» Task item:
Reproduce each record below exactly as written.
Information provided Block Start
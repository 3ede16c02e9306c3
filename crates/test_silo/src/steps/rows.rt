//! Worked rows: lines of steps, with the replies to them and what is stored after them. Each can be followed by hand.
//!
//! The tenants are red and blue, each with 2 activations of 4 waiting requests, and the age is 1,000 where a row says no
//! other. The rows are statics, since a long text in a test's own body stands in all its goals.

/// Over which rows a silo is opened.
#[derive(Clone, Copy)]
pub enum Opened {
    OverNone,
    /// The counter's row, of the last version and with 3.
    OverTheLastVersion,
    /// The sheet's row, whose state is as long as one may be.
    OverTheLongestState,
}

/// Lines, the lines of their replies, and the grains with the versions of their rows.
#[derive(Clone, Copy)]
pub struct Worked {
    pub opened: Opened,
    pub lines: &'static str,
    pub told: &'static str,
    pub stored: &'static str,
    /// The storage's call that fails, or 0.
    pub fails_at: u64,
    /// How many of its calls fail.
    pub failed: u64,
}

/// A counter is asked to add 3.
pub static FIRST_CALL: Worked = Worked {
    opened: Opened::OverNone,
    lines: r#"{"op":"call","from":"red/c1","id":1,"grain":"counter/red:a","method":"add","args":{"by":3}}
{"op":"activate","grain":"counter/red:a"}
{"op":"load","grain":"counter/red:a"}
{"op":"begin","grain":"counter/red:a"}
{"op":"end","grain":"counter/red:a","turn":1}
"#,
    told: r#"{"from":"red/c1","id":1,"ok":3}
"#,
    stored: "",
    fails_at: 0,
    failed: 0,
};

const OVERWRITTEN_LINES: &str =
    r#"{"op":"call","from":"red/c1","id":1,"grain":"counter/red:a","method":"add","args":{"by":3}}
{"op":"activate","grain":"counter/red:a"}
{"op":"load","grain":"counter/red:a"}
{"op":"begin","grain":"counter/red:a"}
{"op":"end","grain":"counter/red:a","turn":1}
{"op":"call","from":"red/c1","id":2,"grain":"counter/red:a","method":"save","args":null}
{"op":"begin","grain":"counter/red:a"}
{"op":"store","grain":"counter/red:a","turn":2}
{"op":"poke","from":"red/c1","id":3,"grain":"counter/red:a","state":10}
{"op":"call","from":"red/c1","id":4,"grain":"counter/red:a","method":"save","args":null}
{"op":"call","from":"red/c1","id":5,"grain":"counter/red:a","method":"get","args":null}
{"op":"begin","grain":"counter/red:a"}
{"op":"store","grain":"counter/red:a","turn":3}
{"op":"activate","grain":"counter/red:a"}
{"op":"load","grain":"counter/red:a"}
{"op":"begin","grain":"counter/red:a"}
{"op":"end","grain":"counter/red:a","turn":4}
"#;
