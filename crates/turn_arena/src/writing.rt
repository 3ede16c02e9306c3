//! Writing a tree as a message or a state.

ghost use Rattle.std.specs.Prelude.{◌≡◌, ◌≤◌, IfOk};
ghost use Rattle.request_codec.specs.Answers.{Writes, spelled_length, message_length};
ghost use Rattle.request_codec.specs.Call.{asks};
ghost use Rattle.request_codec.specs.Formed.{IsFormed};
ghost use Rattle.request_codec.specs.Limits.{depth_limit, message_limit, state_limit};
ghost use Rattle.request_codec.specs.Tree.{depth};
ghost use Rattle.turn_arena.specs.Ascending.{MapsAscend};
ghost use Rattle.turn_arena.specs.NodeValue.{node_value};

use crate::node::Node;
use crate::node_shown::ShownNode;
use request_codec::bytes::state_bytes;
use request_codec::{CodecFault, Message, StateBytes, message_of, state_of};
use std::alloc::{AllocError, Global};

/// The message of a method and its argument. `TooDeep` comes before `TooLong`.
pub fn encode_call(alloc: Global, method: &str, argument: Node<'_>) -> Result<Message, CodecFault>
    requires { MapsAscend (node_value argument) }
    ensures { Writes result (asks method.now (node_value argument.entry)) (node_value argument.entry)
        (message_length method.now (node_value argument.entry)) message_limit }
{
    message_of(alloc, method, ShownNode { node: argument })
}

/// The state of a value. `TooDeep` comes before `TooLong`.
pub fn encode_node(alloc: Global, node: Node<'_>) -> Result<StateBytes, CodecFault>
    requires { MapsAscend (node_value node) }
    ensures { Writes result (node_value node.entry) (node_value node.entry) (spelled_length (node_value node.entry)) state_limit }
{
    state_of(alloc, ShownNode { node })
}

/// The state of a value that is known to fit one, which is not tested again: `encode_node`'s, and the only error is
/// that memory was refused. A whole number takes none. Any other value is written into room for `room` bytes, which grows
/// if they are more: whoever knows about how long the state gets spares its writing to grow.
pub fn encode_formed(alloc: Global, room: usize, node: Node<'_>) -> Result<StateBytes, AllocError>
    requires formed { IsFormed (node_value node) }
    requires shallow { depth (node_value node) ≤ depth_limit }
    requires short { spelled_length (node_value node) ≤ state_limit }
    ensures { IfOk result (λ state. state ≡ node_value node.entry) }
{
    if let Node::Int(number) = node {
        return Ok(StateBytes::integer(number));
    }
    match state_bytes(alloc, room, ShownNode { node }) {
        Ok(bytes) => Ok(StateBytes::from_spelling(bytes)?),
        Err(CodecFault::Memory) => Err(AllocError),
        Err(CodecFault::TooLong) => unreachable!(),
        Err(CodecFault::TooDeep) => unreachable!(),
        Err(CodecFault::NotWhole) => unreachable!(),
        Err(CodecFault::NotHex) => unreachable!(),
        Err(CodecFault::NotAMessage) => unreachable!(),
    }
}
Information provided Block End
» Response for this exercise:
repository 3ede16c02e9306c3
filename crates/test_silo/src/steps/rows.rt
//! Worked rows: lines of steps, with the replies to them and what is stored after them. Each can be followed by hand.
//!
//! The tenants are red and blue, each with 2 activations of 4 waiting requests, and the age is 1,000 where a row says no
//! other. The rows are statics, since a long text in a test's own body stands in all its goals.

/// Over which rows a silo is opened.
#[derive(Clone, Copy)]
pub enum Opened {
    OverNone,
    /// The counter's row, of the last version and with 3.
    OverTheLastVersion,
    /// The sheet's row, whose state is as long as one may be.
    OverTheLongestState,
}

/// Lines, the lines of their replies, and the grains with the versions of their rows.
#[derive(Clone, Copy)]
pub struct Worked {
    pub opened: Opened,
    pub lines: &'static str,
    pub told: &'static str,
    pub stored: &'static str,
    /// The storage's call that fails, or 0.
    pub fails_at: u64,
    /// How many of its calls fail.
    pub failed: u64,
}

/// A counter is asked to add 3.
pub static FIRST_CALL: Worked = Worked {
    opened: Opened::OverNone,
    lines: r#"{"op":"call","from":"red/c1","id":1,"grain":"counter/red:a","method":"add","args":{"by":3}}
{"op":"activate","grain":"counter/red:a"}
{"op":"load","grain":"counter/red:a"}
{"op":"begin","grain":"counter/red:a"}
{"op":"end","grain":"counter/red:a","turn":1}
"#,
    told: r#"{"from":"red/c1","id":1,"ok":3}
"#,
    stored: "",
    fails_at: 0,
    failed: 0,
};

const OVERWRITTEN_LINES: &str =
    r#"{"op":"call","from":"red/c1","id":1,"grain":"counter/red:a","method":"add","args":{"by":3}}
{"op":"activate","grain":"counter/red:a"}
{"op":"load","grain":"counter/red:a"}
{"op":"begin","grain":"counter/red:a"}
{"op":"end","grain":"counter/red:a","turn":1}
{"op":"call","from":"red/c1","id":2,"grain":"counter/red:a","method":"save","args":null}
{"op":"begin","grain":"counter/red:a"}
{"op":"store","grain":"counter/red:a","turn":2}
{"op":"poke","from":"red/c1","id":3,"grain":"counter/red:a","state":10}
{"op":"call","from":"red/c1","id":4,"grain":"counter/red:a","method":"save","args":null}
{"op":"call","from":"red/c1","id":5,"grain":"counter/red:a","method":"get","args":null}
{"op":"begin","grain":"counter/red:a"}
{"op":"store","grain":"counter/red:a","turn":3}
{"op":"activate","grain":"counter/red:a"}
{"op":"load","grain":"counter/red:a"}
{"op":"begin","grain":"counter/red:a"}
{"op":"end","grain":"counter/red:a","turn":4}
"#;
filename crates/turn_arena/src/writing.rt
repository 3ede16c02e9306c3
//! Writing a tree as a message or a state.

ghost use Rattle.std.specs.Prelude.{◌≡◌, ◌≤◌, IfOk};
ghost use Rattle.request_codec.specs.Answers.{Writes, spelled_length, message_length};
ghost use Rattle.request_codec.specs.Call.{asks};
ghost use Rattle.request_codec.specs.Formed.{IsFormed};
ghost use Rattle.request_codec.specs.Limits.{depth_limit, message_limit, state_limit};
ghost use Rattle.request_codec.specs.Tree.{depth};
ghost use Rattle.turn_arena.specs.Ascending.{MapsAscend};
ghost use Rattle.turn_arena.specs.NodeValue.{node_value};

use crate::node::Node;
use crate::node_shown::ShownNode;
use request_codec::bytes::state_bytes;
use request_codec::{CodecFault, Message, StateBytes, message_of, state_of};
use std::alloc::{AllocError, Global};

/// The message of a method and its argument. `TooDeep` comes before `TooLong`.
pub fn encode_call(alloc: Global, method: &str, argument: Node<'_>) -> Result<Message, CodecFault>
    requires { MapsAscend (node_value argument) }
    ensures { Writes result (asks method.now (node_value argument.entry)) (node_value argument.entry)
        (message_length method.now (node_value argument.entry)) message_limit }
{
    message_of(alloc, method, ShownNode { node: argument })
}

/// The state of a value. `TooDeep` comes before `TooLong`.
pub fn encode_node(alloc: Global, node: Node<'_>) -> Result<StateBytes, CodecFault>
    requires { MapsAscend (node_value node) }
    ensures { Writes result (node_value node.entry) (node_value node.entry) (spelled_length (node_value node.entry)) state_limit }
{
    state_of(alloc, ShownNode { node })
}

/// The state of a value that is known to fit one, which is not tested again: `encode_node`'s, and the only error is
/// that memory was refused. A whole number takes none. Any other value is written into room for `room` bytes, which grows
/// if they are more: whoever knows about how long the state gets spares its writing to grow.
pub fn encode_formed(alloc: Global, room: usize, node: Node<'_>) -> Result<StateBytes, AllocError>
    requires formed { IsFormed (node_value node) }
    requires shallow { depth (node_value node) ≤ depth_limit }
    requires short { spelled_length (node_value node) ≤ state_limit }
    ensures { IfOk result (λ state. state ≡ node_value node.entry) }
{
    if let Node::Int(number) = node {
        return Ok(StateBytes::integer(number));
    }
    match state_bytes(alloc, room, ShownNode { node }) {
        Ok(bytes) => Ok(StateBytes::from_spelling(bytes)?),
        Err(CodecFault::Memory) => Err(AllocError),
        Err(CodecFault::TooLong) => unreachable!(),
        Err(CodecFault::TooDeep) => unreachable!(),
        Err(CodecFault::NotWhole) => unreachable!(),
        Err(CodecFault::NotHex) => unreachable!(),
        Err(CodecFault::NotAMessage) => unreachable!(),
    }
}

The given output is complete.